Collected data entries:
--------------------
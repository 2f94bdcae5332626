//! Dequeues within another one of the same item, and which enqueues they hurry: what is taken by the other one is out before such a
//! dequeue is called, so that it takes one more. All of it is hints.

use crate::first::calls_in_turn::CallsInTurn;
use crate::items::calls::item_taken;
use crate::kept::kept;
use crate::queues::item_rows::{ItemRow, rows_by_call};
use crate::queues::slots::SlotHints;
use crate::sight::CALLS_IN_SIGHT;
use lin_history::ProblemCall;
use lin_object::{AnyObject, Op, Reply};
use lin_search::Config;
use std::alloc::{AllocError, Global};

// A dequeue that was called and returned within another one of its row.
#[derive(Clone, Copy)]
struct Inner {
    call: usize,
    row: usize,
    called: u64,
    returned: u64,
    // How many dequeues of the row are within it, with itself.
    own: usize,
    // How many slots are before it was called.
    slots: usize,
}

/// What must be out by an event, and what by an earlier one.
#[derive(Clone, Copy)]
pub(crate) struct Hurry {
    /// The row of which more must be out by the event than are in.
    pub row: usize,
    /// The event.
    pub event: u64,
    /// The row by which what lies in front is out before.
    pub first_row: usize,
    /// By which event that is.
    pub since: u64,
}

/// The inner dequeues in the order of their returns.
#[derive(Drop)]
pub(crate) struct InnerHints {
    inner: Vec<Inner>,
    turn: CallsInTurn,
    // Of each call that returned with an item, its row; none where there is no inner dequeue.
    rows: Vec<Option<usize>>,
    // Of each row, how many of these calls are lifted.
    taken: Vec<usize>,
}

// When the call was called and returned, where it returned with an item.
fn times_of(calls: &[ProblemCall<Op, Reply>], call: usize) -> Option<(u64, u64)> {
    item_taken(calls, call)?;
    let made = calls.get(call)?;
    let (number, _) = made.returned.as_ref()?;
    Some((u64::from(made.called), u64::from(*number)))
}

// How many of these calls are dequeues that were called and returned between the events.
fn count_within(
    calls: &[ProblemCall<Op, Reply>],
    these: &[usize],
    called: u64,
    returned: u64,
) -> usize {
    let mut count = 0;
    for call in these {
        if let Some((from, to)) = times_of(calls, *call) {
            if from > returned {
                return count;
            }
            if called <= from && to <= returned {
                count = count.saturating_add(1);
            }
        }
    }
    count
}

// Puts the inner dequeues of a row to the others.
fn add_inner(
    inner: &mut Vec<Inner>,
    calls: &[ProblemCall<Op, Reply>],
    slots: &SlotHints,
    row: usize,
    these: &[usize],
) -> Result<(), AllocError> {
    let mut latest = 0;
    for place in 0..these.len() {
        let Some((called, returned)) = times_of(calls, these[place]) else {
            continue;
        };
        if returned > latest {
            latest = returned;
            continue;
        }
        let (_, behind) = these.split_at(place);
        inner.push(Inner {
            call: these[place],
            row,
            called,
            returned,
            own: count_within(calls, behind, called, returned),
            slots: slots.slots_before(called),
        })?;
    }
    Ok(())
}

impl InnerHints {
    /// Those of these rows, where no call is lifted.
    pub(crate) fn new(
        alloc: Global,
        calls: &[ProblemCall<Op, Reply>],
        rows: &[ItemRow],
        slots: &SlotHints,
    ) -> Result<Self, AllocError> {
        let mut inner = Vec::new(alloc);
        for row in 0..rows.len() {
            add_inner(&mut inner, calls, slots, row, rows[row].calls.as_slice())?;
        }
        inner.sort_by_key(|one| one.returned)?;
        // where there are none, nothing is followed
        let (rows, count) = if inner.is_empty() {
            (&rows[..0], 0)
        } else {
            (rows, calls.len())
        };
        let order: Vec<u16> = inner.iter().map(|one| kept(one.call)).collect(alloc)?;
        Ok(InnerHints {
            turn: CallsInTurn::new(alloc, order, count)?,
            rows: rows_by_call(alloc, calls, rows, false)?,
            taken: vec![in alloc; 0; rows.len()]?,
            inner,
        })
    }

    // How many calls of the row are lifted that returned with its item, if the call is one.
    fn taken_by(&mut self, call: usize) -> Option<&mut usize> {
        let row = (*self.rows.get(call)?)?;
        self.taken.get_mut(row)
    }

    /// Goes on to the configuration, which has the call too.
    pub(crate) fn lifted(&mut self, config: &Config<AnyObject>, call: usize) {
        if let Some(taken) = self.taken_by(call) {
            *taken = taken.saturating_add(1);
            self.turn.lifted(config);
        }
    }

    /// Goes back to before the call, which was taken out again.
    pub(crate) fn unlifted(&mut self, call: usize) {
        if let Some(taken) = self.taken_by(call) {
            *taken = taken.saturating_sub(1);
            self.turn.unlifted(call);
        }
    }

    // The row by which so many of what lies in front is out before the inner dequeue was called that it takes one more than is in: its
    // own, if so many were taken.
    fn first_row(
        &self,
        slots: &SlotHints,
        config: &Config<AnyObject>,
        inner: Inner,
    ) -> Option<usize> {
        let puts = slots.puts(inner.row)?;
        let last = puts.len().checked_sub(inner.own)?;
        if last < *self.taken.get(inner.row)? {
            return Some(inner.row);
        }
        slots.row_out_before(config, inner.slots, CALLS_IN_SIGHT, *puts.get(last)?)
    }

    /// What hurries an enqueue of the row, where something does.
    pub(crate) fn hurry(
        &self,
        slots: &SlotHints,
        config: &Config<AnyObject>,
        row: usize,
    ) -> Option<Hurry> {
        if self.inner.is_empty() {
            return None;
        }
        let by = slots.next_taken(row)?;
        for place in self.turn.first()..self.inner.len() {
            let inner = self.inner[place];
            if inner.returned >= by {
                return None;
            }
            if config.has(inner.call) {
                continue;
            }
            if let Some(first_row) = self.first_row(slots, config, inner) {
                return Some(Hurry {
                    row: inner.row,
                    event: inner.returned,
                    first_row,
                    since: inner.called.saturating_sub(1),
                });
            }
        }
        None
    }
}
--------------------
Exercise details — The whole block of entries above should be repeated exactly.

Your response —
repository 2f94bdcae5332626
//! Dequeues within another one of the same item, and which enqueues they hurry: what is taken by the other one is out before such a
//! dequeue is called, so that it takes one more. All of it is hints.

use crate::first::calls_in_turn::CallsInTurn;
use crate::items::calls::item_taken;
use crate::kept::kept;
use crate::queues::item_rows::{ItemRow, rows_by_call};
use crate::queues::slots::SlotHints;
use crate::sight::CALLS_IN_SIGHT;
use lin_history::ProblemCall;
use lin_object::{AnyObject, Op, Reply};
use lin_search::Config;
use std::alloc::{AllocError, Global};

// A dequeue that was called and returned within another one of its row.
#[derive(Clone, Copy)]
struct Inner {
    call: usize,
    row: usize,
    called: u64,
    returned: u64,
    // How many dequeues of the row are within it, with itself.
    own: usize,
    // How many slots are before it was called.
    slots: usize,
}

/// What must be out by an event, and what by an earlier one.
#[derive(Clone, Copy)]
pub(crate) struct Hurry {
    /// The row of which more must be out by the event than are in.
    pub row: usize,
    /// The event.
    pub event: u64,
    /// The row by which what lies in front is out before.
    pub first_row: usize,
    /// By which event that is.
    pub since: u64,
}

/// The inner dequeues in the order of their returns.
#[derive(Drop)]
pub(crate) struct InnerHints {
    inner: Vec<Inner>,
    turn: CallsInTurn,
    // Of each call that returned with an item, its row; none where there is no inner dequeue.
    rows: Vec<Option<usize>>,
    // Of each row, how many of these calls are lifted.
    taken: Vec<usize>,
}

// When the call was called and returned, where it returned with an item.
fn times_of(calls: &[ProblemCall<Op, Reply>], call: usize) -> Option<(u64, u64)> {
    item_taken(calls, call)?;
    let made = calls.get(call)?;
    let (number, _) = made.returned.as_ref()?;
    Some((u64::from(made.called), u64::from(*number)))
}

// How many of these calls are dequeues that were called and returned between the events.
fn count_within(
    calls: &[ProblemCall<Op, Reply>],
    these: &[usize],
    called: u64,
    returned: u64,
) -> usize {
    let mut count = 0;
    for call in these {
        if let Some((from, to)) = times_of(calls, *call) {
            if from > returned {
                return count;
            }
            if called <= from && to <= returned {
                count = count.saturating_add(1);
            }
        }
    }
    count
}

// Puts the inner dequeues of a row to the others.
fn add_inner(
    inner: &mut Vec<Inner>,
    calls: &[ProblemCall<Op, Reply>],
    slots: &SlotHints,
    row: usize,
    these: &[usize],
) -> Result<(), AllocError> {
    let mut latest = 0;
    for place in 0..these.len() {
        let Some((called, returned)) = times_of(calls, these[place]) else {
            continue;
        };
        if returned > latest {
            latest = returned;
            continue;
        }
        let (_, behind) = these.split_at(place);
        inner.push(Inner {
            call: these[place],
            row,
            called,
            returned,
            own: count_within(calls, behind, called, returned),
            slots: slots.slots_before(called),
        })?;
    }
    Ok(())
}

impl InnerHints {
    /// Those of these rows, where no call is lifted.
    pub(crate) fn new(
        alloc: Global,
        calls: &[ProblemCall<Op, Reply>],
        rows: &[ItemRow],
        slots: &SlotHints,
    ) -> Result<Self, AllocError> {
        let mut inner = Vec::new(alloc);
        for row in 0..rows.len() {
            add_inner(&mut inner, calls, slots, row, rows[row].calls.as_slice())?;
        }
        inner.sort_by_key(|one| one.returned)?;
        // where there are none, nothing is followed
        let (rows, count) = if inner.is_empty() {
            (&rows[..0], 0)
        } else {
            (rows, calls.len())
        };
        let order: Vec<u16> = inner.iter().map(|one| kept(one.call)).collect(alloc)?;
        Ok(InnerHints {
            turn: CallsInTurn::new(alloc, order, count)?,
            rows: rows_by_call(alloc, calls, rows, false)?,
            taken: vec![in alloc; 0; rows.len()]?,
            inner,
        })
    }

    // How many calls of the row are lifted that returned with its item, if the call is one.
    fn taken_by(&mut self, call: usize) -> Option<&mut usize> {
        let row = (*self.rows.get(call)?)?;
        self.taken.get_mut(row)
    }

    /// Goes on to the configuration, which has the call too.
    pub(crate) fn lifted(&mut self, config: &Config<AnyObject>, call: usize) {
        if let Some(taken) = self.taken_by(call) {
            *taken = taken.saturating_add(1);
            self.turn.lifted(config);
        }
    }

    /// Goes back to before the call, which was taken out again.
    pub(crate) fn unlifted(&mut self, call: usize) {
        if let Some(taken) = self.taken_by(call) {
            *taken = taken.saturating_sub(1);
            self.turn.unlifted(call);
        }
    }

    // The row by which so many of what lies in front is out before the inner dequeue was called that it takes one more than is in: its
    // own, if so many were taken.
    fn first_row(
        &self,
        slots: &SlotHints,
        config: &Config<AnyObject>,
        inner: Inner,
    ) -> Option<usize> {
        let puts = slots.puts(inner.row)?;
        let last = puts.len().checked_sub(inner.own)?;
        if last < *self.taken.get(inner.row)? {
            return Some(inner.row);
        }
        slots.row_out_before(config, inner.slots, CALLS_IN_SIGHT, *puts.get(last)?)
    }

    /// What hurries an enqueue of the row, where something does.
    pub(crate) fn hurry(
        &self,
        slots: &SlotHints,
        config: &Config<AnyObject>,
        row: usize,
    ) -> Option<Hurry> {
        if self.inner.is_empty() {
            return None;
        }
        let by = slots.next_taken(row)?;
        for place in self.turn.first()..self.inner.len() {
            let inner = self.inner[place];
            if inner.returned >= by {
                return None;
            }
            if config.has(inner.call) {
                continue;
            }
            if let Some(first_row) = self.first_row(slots, config, inner) {
                return Some(Hurry {
                    row: inner.row,
                    event: inner.returned,
                    first_row,
                    since: inner.called.saturating_sub(1),
                });
            }
        }
        None
    }
}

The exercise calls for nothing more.